_DIRECTIONS FOR THIS TASK_
Go to the line holding "(rest : List" in the entries below and write out exactly every line down to and including the line holding "TrackState) (last : ℕ)".

_SOURCE MATERIAL_
=== Section Start ===
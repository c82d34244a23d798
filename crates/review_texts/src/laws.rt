//! Laws of masks.
ghost use Rattle.review_texts.specs.Laws.{ReadIsLeft, LinesStay, CountStays, OneMaskedText, NothingFits, NotesFitNothing};
ghost use Rattle.review_texts.specs.Laws.{MaskedWithHost, NamesStandForEscapes, UnmaskedWithHost};
ghost use Rattle.review_texts.specs.Meaning.{BoundsHold, EachIsExpression};

/// The text of a file that the fixed parser reads is left alone, byte for byte.
pub fn read_lines_are_left_alone()
    ensures { ReadIsLeft }
{}

/// Each line of a masked text begins at the physical line at which it was written, and no physical line is added or lost.
pub fn lines_stay()
    ensures places { LinesStay }
    ensures count { CountStays }
{}

/// A text has at most one masked text.
pub fn texts_have_one_mask()
    ensures { OneMaskedText }
{}

/// No command fits what stands in place of `list`.
pub fn no_command_is_listed()
    ensures { NothingFits }
{}

/// No command fits what stands for a note.
pub fn notes_fit_nothing()
    ensures { NotesFitNothing }
{}

/// What stands in place of `%h` is the part of the host's name before its first dot, and leads to no folder.
pub fn names_stand_for_escapes()
    ensures { NamesStandForEscapes }
{}

/// The name of a host changes nothing of a line that is not refused for `%h`, behind its masks.
pub fn hosts_matter_for_escapes()
    ensures unmasked { UnmaskedWithHost }
    ensures masked { MaskedWithHost }
{}

/// Each text that is read as a regular expression is written as one.
pub fn each_is_expression()
    ensures { EachIsExpression }
{}

/// Each path that a regular expression below a folder fits is that of a file of the folder, so what stands for the expression takes no
/// command away.
pub fn bounds_hold()
    ensures { BoundsHold }
{}
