//! The words without which nothing of a text is written otherwise.
ghost use Rattle.std.specs.Prelude.{◌≡◌, ◌≤◌, ◌∷◌, ◌||◌, codes, length, nat_eq, slice_index};
ghost use Rattle.std.specs.List.{list_any, starts_with, take_while};
ghost use Rattle.sudo_text.specs.Bytes as bytes;
ghost use Rattle.review_texts.specs.Body.Beginnings as beginnings;
ghost use Rattle.review_texts.specs.Words as spec;

use crate::bytes::{from, is_hex, peek};

// Whether one of the words begins with a byte and the first of those that follow it, or the byte is a plus sign or a caret.
fn begin_word(first: u8, rest: &[u8]) -> bool
    ensures { result ≡ beginnings.begin_word first (slice_index rest.now 0) }
{
    match first {
        b'l' => peek(rest, 0) == b'i',
        b'C' => peek(rest, 0) == b'W' || peek(rest, 0) == b'H',
        b'T' => peek(rest, 0) == b'I' || peek(rest, 0) == b'Y',
        b'R' => peek(rest, 0) == b'O',
        b'N' => peek(rest, 0) == b'O',
        b's' => peek(rest, 0) == b'h',
        b'D' => peek(rest, 0) == b'e',
        b'%' => peek(rest, 0) == b':' || peek(rest, 0) == b'h',
        b'+' | b'^' => true,
        _ => false,
    }
}

// Whether a byte is a plus sign or a caret.
fn is_plus_or_caret(byte: u8) -> bool
    ensures { result ≡ spec.is_plus_or_caret byte }
{
    byte == b'+' || byte == b'^'
}

// Whether one of the words with a percent sign begins a text.
fn begins_percent(text: &[u8]) -> bool
    ensures { result ≡ (starts_with nat_eq text.now (codes "%:")
        || starts_with nat_eq text.now (codes "%h")) }
{
    text.starts_with(b"%:") || text.starts_with(b"%h")
}

// Whether one of the words with a letter begins a text.
fn begins_letters(text: &[u8]) -> bool
    ensures { result ≡ list_any (starts_with nat_eq text.now) beginnings.letter_words }
{
    text.starts_with(b"list")
        || text.starts_with(b"CWD")
        || text.starts_with(b"TIMEOUT")
        || text.starts_with(b"ROLE")
        || text.starts_with(b"TYPE")
        || text.starts_with(b"CHROOT")
        || text.starts_with(b"NOTBEFORE")
        || text.starts_with(b"NOTAFTER")
        || text.starts_with(b"sha224:")
        || text.starts_with(b"sha256:")
        || text.starts_with(b"sha384:")
        || text.starts_with(b"sha512:")
        || text.starts_with(b"Defaults\\")
}

// Whether one of the words begins a text, or a plus sign or a caret.
#[tactic(auto, using(crate::proofs::Beginnings::cut_words))]
fn begins_word(text: &[u8]) -> bool
    ensures { result ≡ spec.begins_word text.now }
{
    begins_letters(text) || begins_percent(text) || is_plus_or_caret(peek(text, 0))
}

// Whether one of the words begins a text, of which these are the first byte and what follows.
#[tactic(auto, using(crate::proofs::Beginnings::no_word_at))]
fn begins_at(first: u8, rest: &[u8], text: &[u8]) -> bool
    requires { text.now ≡ first ∷ rest.now }
    ensures { result ≡ spec.begins_word text.now }
{
    begin_word(first, rest) && begins_word(text)
}

// Returns the number of hexadecimal digits that begin a text.
fn hex_count(text: &[u8]) -> usize
    ensures count { result ≡ length (take_while bytes.is_hex text.now) }
    ensures within { result ≤ length text.now }
{
    text.iter().take_while(|byte| is_hex(**byte)).count()
}

// Whether a colon, hexadecimal digits or none, and a colon begin a text.
fn begins_colons(text: &[u8]) -> bool
    ensures { result ≡ spec.begins_colons text.now }
{
    peek(text, 0) == b':' && peek(text, 1 + hex_count(from(text, 1))) == b':'
}

/// Whether one of the words, or the colons of an IPv6 address, stand in a text.
pub(crate) fn has_word(text: &[u8]) -> bool
    ensures { result ≡ spec.has_word text.now }
{
    let mut left = text;
    while let Some((first, rest)) = left.split_first() {
        if begins_at(*first, rest, left) || begins_colons(left) {
            return true;
        }
        left = rest;
    }
    false
}
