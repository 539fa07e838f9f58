//! What follows from the definitions: functions that do nothing, with the laws as their contracts.

ghost use Rattle.std.specs.Prelude.{◌≡◌, ◌≤◌, ◌+◌, ◌++◌, ℕ, ℤ, List, Some, None, IsSome, length};
ghost use Rattle.track_store.specs.declared.store.Stored.{Stored};
ghost use Rattle.track_store.specs.Sound.{IsSound, last_serial};
ghost use Rattle.track_store.specs.State.{TrackState};
ghost use Rattle.track_store.specs.Frames.{overlapped};
ghost use Rattle.decoder_feed.specs.Feed.{feed_of};
ghost use Rattle.decoder_feed.specs.Steps.{next_answer};
ghost use Rattle.feed_lines.specs.Groups.{IsEnd, feeding};
ghost use Rattle.feed_lines.specs.Lines.{lines_of_track, groups_lines};

/// In a track that is sound, the frames that are given to show a time begin with the feed for it,
/// where a frame is shown then. What ends them is one of three answers, and the one that a feeder
/// gives behind the last of these frames. No number of groups above that of the track's frames
/// changes its lines.
pub fn lines_of_a_sound_track()
    ensures feed { (at : ℤ) (t : TrackState) (feed : List Stored) → IsSound t
        → feed_of at t.frames ≡ Some feed
        → (rest : List Stored) × ((feeding at t).frames ≡ feed ++ rest) }
    ensures end { (at : ℤ) (t : TrackState) → IsSound t → IsSome (overlapped at t.frames)
        → IsEnd (feeding at t).end }
    ensures answer { (at : ℤ) (t : TrackState) (last : ℕ)
        → last_serial None (feeding at t).frames ≡ Some last
        → (feeding at t).end
        ≡ next_answer (record { next = Some (last + 1); given = Some last }) t }
    ensures groups { (at : ℤ) (t : TrackState) (n : ℕ) → IsSound t → length t.frames ≤ n
        → groups_lines n at t ≡ lines_of_track at t }
{}
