//! What a decoder is given to show a time and all that comes after it, as printed lines: for a time
//! the coded frames of the group that is shown then, and again for the time at which these end,
//! until no frame is shown.
//!
//! It stands on `decoder_feed` (frames for a decoder), `script_run` (lines for the sink),
//! `event_text` (words), `track_store` and `mse_outside`. Its main contract is that of
//! [`put_feeds`]: what is written is the text of the track (`specs/Lines.antt`).
#![tactic(auto)]

pub mod laws;
mod lines;
mod put;

pub use put::put_feeds;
=== Section End ===
_WRITTEN ANSWER_
        → (rest : List Stored) × ((feeding at t).frames ≡ feed ++ rest) }
    ensures end { (at : ℤ) (t : TrackState) → IsSound t → IsSome (overlapped at t.frames)
        → IsEnd (feeding at t).end }
    ensures answer { (at : ℤ) (t : TrackState) (last : ℕ)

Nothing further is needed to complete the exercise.